Abonné

Amandes californiennes : la COAG (Espagne) demande des droits de douane immédiats

- - 2 min

Le syndicat agricole espagnol COAG a mis en garde contre « une avalanche d’importations et une chute des prix si l’UE retarde les droits de douane sur les amandes californiennes jusqu’en décembre 2025 », le 9 avril dans un communiqué. « Nous saluons les droits de douane de 25 %, écrivent-ils, mais ils doivent entrer en vigueur maintenant. » Ce jour-là, l’UE a adopté ses ripostes aux surtaxes de 25 % de Donald Trump sur l’acier et l’aluminium européens en les échelonnant dans le temps (lire notre enquête) ; le lendemain, elle a suspendu ses contre-mesures afin de donner une chance aux négociations, alors que Washington venait de décider d’une mini-trêve.

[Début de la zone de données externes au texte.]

// Worked examples, and the edges of the limit.
ghost use Rattle.std.specs.Prelude.{◌≡◌};

use srp_credits::{CreditFault, Initiator, Target};

// A step of an initiator.
#[derive(Clone, Copy)]
enum Does {
    Login(u32),
    // A request with this tag is sent, if it is not outstanding.
    Send(u64),
    // The request with this tag is answered, with so many credits.
    Answered(u64, u32),
    Lost,
    MaySend,
    Outstanding,
}

// A step of a target.
#[derive(Clone, Copy)]
enum Takes {
    Login,
    Accept,
    // The oldest request is answered.
    Answer,
    Logout,
    Lost,
    Outstanding,
}

// What is seen of a step.
#[derive(Clone, Copy, PartialEq, Eq)]
enum Seen {
    Done,
    Refused(CreditFault),
    May(bool),
    Number(u64),
    // This many tags are outstanding, and this is the oldest, or 0.
    Tags(usize, u64),
    // The step has no place here.
    Other,
}

fn seen_of(answer: Result<(), CreditFault>) -> Seen {
    match answer {
        Ok(()) => Seen::Done,
        Err(fault) => Seen::Refused(fault),
    }
}

// Sends a request with this tag if it is not outstanding.
fn send(initiator: &mut Initiator, tag: u64) -> Result<(), CreditFault> {
    if initiator.outstanding().contains(&tag) {
        return Err(CreditFault::StrayTag(tag));
    }
    initiator.sent(tag)
}

// Sends as many requests as the limit allows, with the tags from `first` on, and tells how many are
// outstanding then.
fn send_all(initiator: &mut Initiator, first: u64) -> usize {
    for tag in first..first.saturating_add(300) {
        let _ = send(initiator, tag);
    }
    initiator.outstanding().len()
}

// Does a step of an initiator, and tells what is seen of it.
fn act(initiator: &mut Initiator, step: Does) -> Seen {
    match step {
        Does::Login(delta) => initiator.login(delta),
        Does::Send(tag) => return seen_of(send(initiator, tag)),
        Does::Answered(tag, delta) => return seen_of(initiator.answered(tag, delta)),
        Does::Lost => initiator.lost(),
        Does::MaySend => return Seen::May(initiator.may_send()),
        Does::Outstanding => {
            let tags = initiator.outstanding();
            return Seen::Tags(tags.len(), tags.first().copied().unwrap_or(0));
        }
    }
    Seen::Done
}

// Does the steps of the rows at a new initiator, and gives the number of the first that goes otherwise.
fn first_other(rows: &[(Does, Seen)]) -> Option<usize> {
    let mut initiator = Initiator::new();
    for (number, (step, want)) in rows.iter().enumerate() {
        if act(&mut initiator, *step) != *want {
            return Some(number);
        }
    }
    None
}

static INITIATOR: [(Does, Seen); 15] = [
    (Does::Send(5), Seen::Refused(CreditFault::NotLoggedIn)),
    (Does::MaySend, Seen::May(false)),
    (Does::Login(2), Seen::Done),
    (Does::MaySend, Seen::May(true)),
    (Does::Send(5), Seen::Done),
    (Does::Send(6), Seen::Done),
    (
        Does::Send(7),
        Seen::Refused(CreditFault::NoCredit { limit: 0 }),
    ),
    (Does::MaySend, Seen::May(false)),
    (
        Does::Answered(9, 1),
        Seen::Refused(CreditFault::StrayTag(9)),
    ),
    (Does::Answered(5, 1), Seen::Done),
    (Does::Outstanding, Seen::Tags(1, 6)),
    (
        Does::Answered(5, 1),
        Seen::Refused(CreditFault::StrayTag(5)),
    ),
    (Does::Lost, Seen::Done),
    (Does::Outstanding, Seen::Tags(0, 0)),
    (Does::Send(8), Seen::Refused(CreditFault::NotLoggedIn)),
];

#[test]
fn an_initiator_sends_what_was_granted(rt: HostRuntime) {
    assert_eq!(rt; first_other(&INITIATOR), None);
}

// Gives how many requests can be sent after a login that grants so many.
fn sent_after(delta: u32) -> usize {
    let mut initiator = Initiator::new();
    initiator.login(delta);
    send_all(&mut initiator, 0)
}

#[test]
fn at_most_two_hundred_count(rt: HostRuntime) {
    for (delta, want) in [(0, 0), (1, 1), (200, 200), (201, 200), (u32::MAX, 200)] {
        assert_eq!(rt;
            sent_after(delta),
            want,
            "after a login that grants {delta}"
        );
    }
}

// How many requests a login grants, how many an answer grants to one of them, and how many can be outstanding then.
static RAISES: [(u32, u32, usize); 8] = [
    (200, 0, 199),
    (200, 1, 200),
    (200, 5, 200),
    (200, u32::MAX, 200),
    (10, 0, 9),
    (10, 1, 10),
    (10, 5, 14),
    (10, u32::MAX, 200),
];

// Tells whether the request with this tag is answered where all were sent that a login grants.
fn answered_of_all(initiator: &mut Initiator, granted: u32, tag: u64, delta: u32) -> bool {
    initiator.login(granted);
    let _ = send_all(initiator, 0);
    initiator.answered(tag, delta).is_ok()
}

// Tells whether the request with tag 3 is answered, and how many can be outstanding then.
fn raised(granted: u32, delta: u32) -> (bool, usize) {
    let mut initiator = Initiator::new();
    let is_answered = answered_of_all(&mut initiator, granted, 3, delta);
    (is_answered, send_all(&mut initiator, 1000))
}

#[test]
fn an_answer_raises_the_limit_to_the_cap(rt: HostRuntime) {
    for (granted, delta, want) in RAISES.iter() {
        assert_eq!(rt;
            raised(*granted, *delta),
            (true, *want),
            "after an answer that grants {delta}"
        );
    }
}

// Tells whether these are the tags below 200 but for one, in their order.
fn are_others(tags: &[u64], answered: u64) -> bool {
    let mut others = tags.iter().zip(0u64..199);
    tags.len() == 199 && others.all(|(tag, k)| *tag == if k < answered { k } else { k + 1 })
}

// Tells whether one of 200 requests is answered, and the others stay in their order.
fn keeps_others(answered: u64) -> (bool, bool) {
    let mut initiator = Initiator::new();
    let is_answered = answered_of_all(&mut initiator, 200, answered, 1);
    (is_answered, are_others(initiator.outstanding(), answered))
}

#[test]
fn the_others_keep_their_order(rt: HostRuntime) {
    for answered in [0, 100, 199] {
        assert_eq!(rt; keeps_others(answered), (true, true), "{answered}");
    }
}

// A target that grants two requests.
#[derive(Drop)]
struct Granting {
    target: Target,
    is_on: bool,
    logins: u32,
    ghost on: { target.on ≡ is_on },
    ghost counted: { target.logins ≡ logins },
}

impl Granting {
    fn new() -> Granting {
        Granting {
            target: Target::new(2),
            is_on: false,
            logins: 0,
        }
    }

    fn login(&mut self) -> Seen {
        let Some(logins) = self.logins.checked_add(1) else {
            return Seen::Other;
        };
        if self.is_on {
            return Seen::Other;
        }
        let number = self.target.login();
        self.is_on = true;
        self.logins = logins;
        Seen::Number(number)
    }

    fn answer(&mut self) -> Seen {
        if self.target.outstanding() == 0 {
            return Seen::Other;
        }
        self.target.answer();
        Seen::Done
    }

    fn end(&mut self, is_lost: bool) -> Seen {
        if is_lost {
            self.target.lost();
        } else {
            self.target.logout();
        }
        self.is_on = false;
        Seen::Done
    }

    // Does a step, and tells what is seen of it.
    fn does(&mut self, step: Takes) -> Seen {
        match step {
            Takes::Login => self.login(),
            Takes::Accept => seen_of(self.target.accept()),
            Takes::Answer => self.answer(),
            Takes::Logout => self.end(false),
            Takes::Lost => self.end(true),
            Takes::Outstanding => Seen::Number(u64::from(self.target.outstanding())),
        }
    }
}

// Does the steps of the rows at a new target, and gives the number of the first that goes otherwise.
fn first_other_taken(rows: &[(Takes, Seen)]) -> Option<usize> {
    let mut granting = Granting::new();
    for (number, (step, want)) in rows.iter().enumerate() {
        if granting.does(*step) != *want {
            return Some(number);
        }
    }
    None
}

// The fault of a third request.
const OVER: Seen = Seen::Refused(CreditFault::OverLimit {
    outstanding: 3,
    granted: 2,
});

const NOT_LOGGED_IN: Seen = Seen::Refused(CreditFault::NotLoggedIn);

static TARGET: [(Takes, Seen); 17] = [
    (Takes::Accept, NOT_LOGGED_IN),
    (Takes::Login, Seen::Number(1)),
    (Takes::Accept, Seen::Done),
    (Takes::Accept, Seen::Done),
    (Takes::Accept, OVER),
    (Takes::Outstanding, Seen::Number(2)),
    (Takes::Answer, Seen::Done),
    (Takes::Accept, Seen::Done),
    (Takes::Logout, Seen::Done),
    (Takes::Answer, Seen::Done),
    (Takes::Accept, NOT_LOGGED_IN),
    (Takes::Login, Seen::Number(2)),
    (Takes::Accept, Seen::Done),
    (Takes::Accept, Seen::Done),
    (Takes::Accept, OVER),
    (Takes::Lost, Seen::Done),
    (Takes::Login, Seen::Number(3)),
];

#[test]
fn a_target_takes_what_it_grants(rt: HostRuntime) {
    assert_eq!(rt; first_other_taken(&TARGET), None);
}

« Les amandes peuvent être stockées et importées toute l’année, précise la COAG, et c’est précisément en décembre qu’il y a le moins d’importations. » Javier Fatás, membre du comité exécutif du syndicat, prévient dans le même communiqué que cette annonce pour décembre « encouragera les importateurs à avancer leurs achats d’amandes californiennes, provoquant un sentiment d’offre excédentaire sur le marché intérieur, qui servira de terreau à la spéculation et exercera une pression à la baisse sur les prix perçus par nos producteurs ». La situation met aussi en péril de « nombreuses exploitations qui dépendent de l’amande, en particulier dans les zones sèches ou en pente où les cultures alternatives sont limitées ».

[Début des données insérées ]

/// Ends the session: what is pending and kept is dropped, and the queue is freed in the next turn.
pub(crate) fn end_counted(
    unit: &mut Unit,
    session: u64,
    records: &mut Records,
    cause: Lapse,
    outstanding: u32,
    granted: u32,
) -> Next
    requires { HasLineRoom records.old }
    ensures ends { EndsLogin unit.old unit.new records.old records.new
        session cause outstanding granted }
    ensures once { (q : EndState) → AnswersOnce (desk_of unit.old) (desk_of unit.new) q q
        records.old records.new }
    ensures closing { unit.new.line.closing ≡ true }
    ensures end { result ≡ Next.End }
    ensures last { unit.new.logins.last ≡ unit.old.logins.last }
    ensures stage { unit.new.service.stage ≡ Stage.Start }
    ensures handshake { unit.new.line.handshake ≡ unit.old.line.handshake }
    ensures moved { unit.new.moved ≡ true }
    ensures id { unit.new.id ≡ unit.old.id }
    ensures books { EndsBooks unit.old unit.new records.old records.new
        session true cause outstanding granted }
    ensures cuts { (q : EndState) → session ≡ q.last_session → is_logout cause ≡ false →
        HasAnswers (owing_of unit.old q records.old) → AreCutOff unit.old.id
        (row_states records.new.history.items) records.new.grants.items }
    ensures cargo { (shown shown' : Sight) → shown'.pages.count ≡ shown.pages.count → KeepsCargo
        (cargo_at unit.old.id unit.old.service shown records.old.history.items) (cargo_at
        unit.new.id unit.new.service shown' records.new.history.items) }
    ensures row { LeavesRow unit.old.service.stage unit.old.service.given.items
        records.old.history.items records.new.history.items }
{
    end_login(unit, session, records, cause, outstanding, granted);
    unit.line.closing = true;
    unit.moved = true;
    Next::End
}
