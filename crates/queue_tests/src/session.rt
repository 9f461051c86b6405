// Scenarios on a plain and on a shared link through the calls of its ends, and the table of the handshake.
mod calls;
mod events;
mod handshakes;
mod inside;
mod lending;
mod shared;
mod sides;
mod threads;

Restez au courant en temps réel !

Suivez des thématiques, des projets législatifs, des entreprises et des personnalités pour être notifié dès que nous publions un article.

De plus, les « batailles tarifaires » entre les États-Unis et la Chine pourraient affecter les producteurs d’amandes espagnols. Les États-Unis envoient « 7 % de leurs exportations vers la Chine », indique la COAG, et celles-ci « pourraient être redirigées vers des marchés présentant moins d’obstacles commerciaux pour être réexportées, en particulier maintenant que les expéditions de l’Espagne vers la Chine sont ouvertes ». Il serait également nécessaire « d’envisager des droits de douane sur la pistache ou la noix ».

« Cette situation met en péril nos producteurs d’amandes »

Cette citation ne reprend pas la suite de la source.